AI enabled single cell spatial biology technologies with image-guided cell sorters
WCH 205/206 –


Title: AI enabled single cell spatial biology technologies with image-guided cell sorters

FRIDAY, NOVEMBER 4, 2022 11:00 AM - 12:00 PM


Single cell analysis is playing an important role in biological and medical research.  Flow cytometers and fluorescence-activated cell sorters (FACS) are workhorse for single cell analysis, offering high throughput and the ability of isolating cells of high interest, especially those rare cells or new cell types.  On the other hand, microscopy, especially 3D microscopy, can produce high information contents, revealing important insight in cell phenotypes and high spatial information although cell isolation in a microscope platform with techniques such as laser microdissection is cumbersome and subject to cell damage. 

We present results of image-guided cell sorters and 3D imaging flow cytometers (3D-IFCs) that possess the merits of high throughput and high content imaging in a single system.  The image-guided FACS system uses a microfluidic cartridge with an on-chip piezoelectric actuator to sort cells of interest into tubes or 384-well plates.  The cell sorting criteria (i.e. gating) is based on the 2D images of cells.  The 3D-IFC system is able to produce 3D fluorescent, scattering, and transmission images of each single cell at a throughput of 1000 cells/s, which is 1000-10,000 times faster than a fluorescent confocal microscope. 

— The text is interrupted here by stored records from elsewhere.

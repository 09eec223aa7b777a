ghost use Rattle.std.specs.Prelude.{◌≡◌, ◌≢◌, ◌↔◌, ℕ, ◌≤◌, Some, slice_get, IfSome, IfNone, IsTrue};
ghost use Rattle.std.specs.Fmt.{decimal};
ghost use Rattle.flit_commands.specs.declared.commands.Command.{Command};
ghost use Rattle.flit_commands.specs.CommandWords.{said_by, make_words, IsInRange, IsCommand, NamesNoMaking, NamesNoCommand};

use crate::word_list::Words;
use flit_words::{MOST_WORKERS, number_of};

#[cfg(test)]
mod tests;

/// What `run` writes in place of its report.
#[derive(Clone, Copy, Debug, PartialEq, Eq)]
pub enum RunOption {
    /// `--summary`: six counts.
    Summary,
    /// `--image`: the text of the image after the stop.
    Image,
}

/// What `step` writes beside its report or in its place.
#[derive(Clone, Copy, Debug, PartialEq, Eq)]
pub enum StepOption {
    /// `--events`: a line per event before the report.
    Events,
    /// `--summary`: six counts alone.
    Summary,
    /// `--image`: the text of the image after the run alone.
    Image,
    /// `--detect`: a line per worker behind the report, which says whether its last call took effect.
    Detect,
}

/// The numbers of the command `make`.
#[derive(Clone, Copy, Debug, PartialEq, Eq)]
pub struct Making {
    /// Where the generator begins, up to 2147483647.
    pub seed: u32,
    /// How many calls are made, from 1 to 500000.
    pub calls: u32,
    /// How many keys each worker has, from 1 to 32768.
    pub keys: u32,
    /// How many workers there are, from 1 to 64.
    pub workers: u32,
}

/// A command of the command line.
#[derive(Clone, Copy, Debug, PartialEq, Eq)]
pub enum Command {
    /// `run`, with an option or none: runs a trace on threads.
    Run(Option<RunOption>),
    /// `step`, with an option or none: runs a trace turn by turn.
    Step(Option<StepOption>),
    /// `recover`: recovers an image.
    Recover,
    /// `make SEED CALLS KEYS WORKERS`: makes a trace.
    Make(Making),
    /// `queue`: runs a queue's trace turn by turn.
    Queue,
    /// `check`: checks what `step --events` wrote for a trace.
    Check,
}

/// The number that the word at a place writes, from `least` to `most`. None comes where there is no such word.
fn number_at(words: &Words, place: usize, least: u32, most: u32) -> Option<u32>
    ensures some { IfSome result (λ n.
        (least ≤ n) × (n ≤ most) × (slice_get words.now place ≡ Some (decimal n))) }
    ensures none { IfNone result ((n : ℕ) → least ≤ n → n ≤ most
        → slice_get words.now place ≢ Some (decimal n)) }
{
    let word = words.get(place)?;
    let number = number_of(word.as_bytes())?;
    if u64::from(least) <= number && number <= u64::from(most) {
        Some(number as u32)
    } else {
        None
    }
}

/// The numbers of `make`, where these are its words, `make SEED CALLS KEYS WORKERS`, with numbers in their ranges. None
/// comes where they are other words. It takes no memory.
pub fn making_of(words: &Words) -> Option<Making>
    ensures some { IfSome result (λ making. IsInRange making × (words.now ≡ make_words making)) }
    ensures none { IfNone result (NamesNoMaking words.now) }
{
    let name = words.get(0)?;
    if words.len() != 5 || name != "make" {
        return None;
    }
    Some(Making {
        seed: number_at(words, 1, 0, 2147483647)?,
        calls: number_at(words, 2, 1, 500000)?,
        keys: number_at(words, 3, 1, 32768)?,
        workers: number_at(words, 4, 1, MOST_WORKERS)?,
    })
}

/// The command that the words name. None comes where no command has these words. It takes no memory.
pub fn command_of(words: &Words) -> Option<Command>
    ensures some { IfSome result (λ command. IsCommand command × (words.now ≡ said_by command)) }
    ensures none { IfNone result (NamesNoCommand words.now) }
{
    if words.is(&["run"]) {
        Some(Command::Run(None))
    } else if words.is(&["run", "--summary"]) {
        Some(Command::Run(Some(RunOption::Summary)))
    } else if words.is(&["run", "--image"]) {
        Some(Command::Run(Some(RunOption::Image)))
    } else if words.is(&["step"]) {
        Some(Command::Step(None))
    } else if words.is(&["step", "--events"]) {
        Some(Command::Step(Some(StepOption::Events)))
    } else if words.is(&["step", "--summary"]) {
        Some(Command::Step(Some(StepOption::Summary)))
    } else if words.is(&["step", "--image"]) {
        Some(Command::Step(Some(StepOption::Image)))
    } else if words.is(&["step", "--detect"]) {
        Some(Command::Step(Some(StepOption::Detect)))
    } else if words.is(&["recover"]) {
        Some(Command::Recover)
    } else if words.is(&["queue"]) {
        Some(Command::Queue)
    } else if words.is(&["check"]) {
        Some(Command::Check)
    } else {
        Some(Command::Make(making_of(words)?))
    }
}

/// No list of words names two commands.
pub fn one_command()
    ensures { (a b : Command) → IsCommand a → IsCommand b → said_by a ≡ said_by b → a ≡ b }
{}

Both the 2D image-guided FACS and 3D-IFC are empowered by artificial intelligence (AI) with convolutional neural network.  With the AI capabilities based on semi-supervised learning, both systems have shown superb capabilities for classification and cell type discovery.  Results from several experiments, including diagnosis of leukemia and NASH diseases, DNA damages, protein translocations under drug treatments, and cell cycle detection, will be discussed in the presentation.